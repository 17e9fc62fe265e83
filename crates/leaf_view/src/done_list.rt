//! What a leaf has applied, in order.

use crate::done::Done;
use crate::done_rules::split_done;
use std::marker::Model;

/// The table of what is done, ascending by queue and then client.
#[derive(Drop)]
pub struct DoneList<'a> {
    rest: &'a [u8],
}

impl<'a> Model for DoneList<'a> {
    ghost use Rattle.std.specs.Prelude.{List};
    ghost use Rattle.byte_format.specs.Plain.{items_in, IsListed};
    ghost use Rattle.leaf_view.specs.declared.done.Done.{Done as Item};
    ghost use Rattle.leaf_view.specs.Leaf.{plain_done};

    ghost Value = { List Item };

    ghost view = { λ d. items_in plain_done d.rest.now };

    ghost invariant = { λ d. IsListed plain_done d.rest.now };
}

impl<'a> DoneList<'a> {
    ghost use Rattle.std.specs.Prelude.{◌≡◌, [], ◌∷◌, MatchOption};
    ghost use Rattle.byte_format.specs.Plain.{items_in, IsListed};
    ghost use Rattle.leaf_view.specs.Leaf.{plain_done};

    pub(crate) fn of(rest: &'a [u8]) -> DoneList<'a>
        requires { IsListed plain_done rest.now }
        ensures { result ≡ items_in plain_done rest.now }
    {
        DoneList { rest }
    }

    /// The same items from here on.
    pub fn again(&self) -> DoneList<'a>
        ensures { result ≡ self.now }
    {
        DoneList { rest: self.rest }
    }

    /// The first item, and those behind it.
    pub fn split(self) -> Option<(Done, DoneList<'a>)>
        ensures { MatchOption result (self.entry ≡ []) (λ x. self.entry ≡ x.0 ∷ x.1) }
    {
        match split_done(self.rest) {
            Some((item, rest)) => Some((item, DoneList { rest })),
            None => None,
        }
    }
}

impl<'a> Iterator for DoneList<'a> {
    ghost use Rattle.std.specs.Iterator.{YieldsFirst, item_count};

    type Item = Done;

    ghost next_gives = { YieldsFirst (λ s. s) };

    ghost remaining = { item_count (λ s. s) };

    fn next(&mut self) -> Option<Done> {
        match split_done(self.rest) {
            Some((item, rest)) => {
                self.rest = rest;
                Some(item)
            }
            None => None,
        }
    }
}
- - -
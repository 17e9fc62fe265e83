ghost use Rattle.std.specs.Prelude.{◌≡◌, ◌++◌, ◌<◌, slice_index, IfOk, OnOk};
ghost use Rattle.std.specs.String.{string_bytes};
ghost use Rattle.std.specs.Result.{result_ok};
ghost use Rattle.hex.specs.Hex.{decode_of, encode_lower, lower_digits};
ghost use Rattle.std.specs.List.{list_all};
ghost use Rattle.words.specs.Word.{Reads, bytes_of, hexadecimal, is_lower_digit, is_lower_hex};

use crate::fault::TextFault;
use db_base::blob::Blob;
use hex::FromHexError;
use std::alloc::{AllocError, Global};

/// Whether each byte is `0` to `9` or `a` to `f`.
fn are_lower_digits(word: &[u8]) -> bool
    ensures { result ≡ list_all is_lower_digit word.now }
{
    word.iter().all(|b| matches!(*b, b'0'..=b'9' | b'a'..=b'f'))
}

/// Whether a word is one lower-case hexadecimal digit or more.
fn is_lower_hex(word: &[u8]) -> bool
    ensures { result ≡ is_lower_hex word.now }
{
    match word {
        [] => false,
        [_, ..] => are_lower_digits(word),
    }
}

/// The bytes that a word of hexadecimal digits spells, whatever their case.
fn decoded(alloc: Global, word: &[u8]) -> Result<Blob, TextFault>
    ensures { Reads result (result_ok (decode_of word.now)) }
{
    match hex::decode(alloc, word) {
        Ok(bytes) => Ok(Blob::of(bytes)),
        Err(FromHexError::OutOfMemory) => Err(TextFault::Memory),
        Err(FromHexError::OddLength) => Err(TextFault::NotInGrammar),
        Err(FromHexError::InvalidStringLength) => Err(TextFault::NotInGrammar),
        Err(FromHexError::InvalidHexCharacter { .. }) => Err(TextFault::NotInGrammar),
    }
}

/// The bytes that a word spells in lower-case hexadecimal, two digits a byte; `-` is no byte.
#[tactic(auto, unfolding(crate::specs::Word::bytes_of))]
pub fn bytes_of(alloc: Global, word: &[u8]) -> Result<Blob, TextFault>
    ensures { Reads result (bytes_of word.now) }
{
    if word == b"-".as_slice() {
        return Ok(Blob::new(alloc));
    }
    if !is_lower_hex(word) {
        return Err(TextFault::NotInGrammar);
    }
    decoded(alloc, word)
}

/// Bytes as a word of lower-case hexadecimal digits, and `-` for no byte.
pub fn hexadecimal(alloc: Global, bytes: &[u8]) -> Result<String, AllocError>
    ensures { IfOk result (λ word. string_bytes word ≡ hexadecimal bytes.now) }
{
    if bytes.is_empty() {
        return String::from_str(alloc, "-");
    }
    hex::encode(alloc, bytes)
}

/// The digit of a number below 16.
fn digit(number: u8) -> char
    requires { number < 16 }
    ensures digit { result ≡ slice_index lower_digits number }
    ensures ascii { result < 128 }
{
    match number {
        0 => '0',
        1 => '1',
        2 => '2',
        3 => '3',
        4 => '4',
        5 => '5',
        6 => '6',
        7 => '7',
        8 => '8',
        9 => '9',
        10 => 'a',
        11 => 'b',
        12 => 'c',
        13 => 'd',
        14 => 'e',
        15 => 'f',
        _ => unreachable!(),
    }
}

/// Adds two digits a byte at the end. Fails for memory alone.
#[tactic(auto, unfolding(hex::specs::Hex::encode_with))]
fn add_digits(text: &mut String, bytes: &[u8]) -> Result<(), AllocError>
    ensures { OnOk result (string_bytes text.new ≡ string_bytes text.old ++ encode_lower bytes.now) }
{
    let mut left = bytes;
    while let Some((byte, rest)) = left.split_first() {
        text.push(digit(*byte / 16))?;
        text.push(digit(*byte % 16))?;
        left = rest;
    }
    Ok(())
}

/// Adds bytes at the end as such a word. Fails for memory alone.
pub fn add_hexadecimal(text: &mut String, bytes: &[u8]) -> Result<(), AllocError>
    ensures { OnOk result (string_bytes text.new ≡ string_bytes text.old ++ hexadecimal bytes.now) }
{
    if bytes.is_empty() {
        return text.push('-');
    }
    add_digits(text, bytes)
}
- - -
# WHAT THE TASK REQUIRES
Search the records for the word "MatchOption". Copy each line where it appears.

# ANSWER BOX
    ghost use Rattle.std.specs.Prelude.{◌≡◌, [], ◌∷◌, MatchOption};
        ensures { MatchOption result (self.entry ≡ []) (λ x. self.entry ≡ x.0 ∷ x.1) }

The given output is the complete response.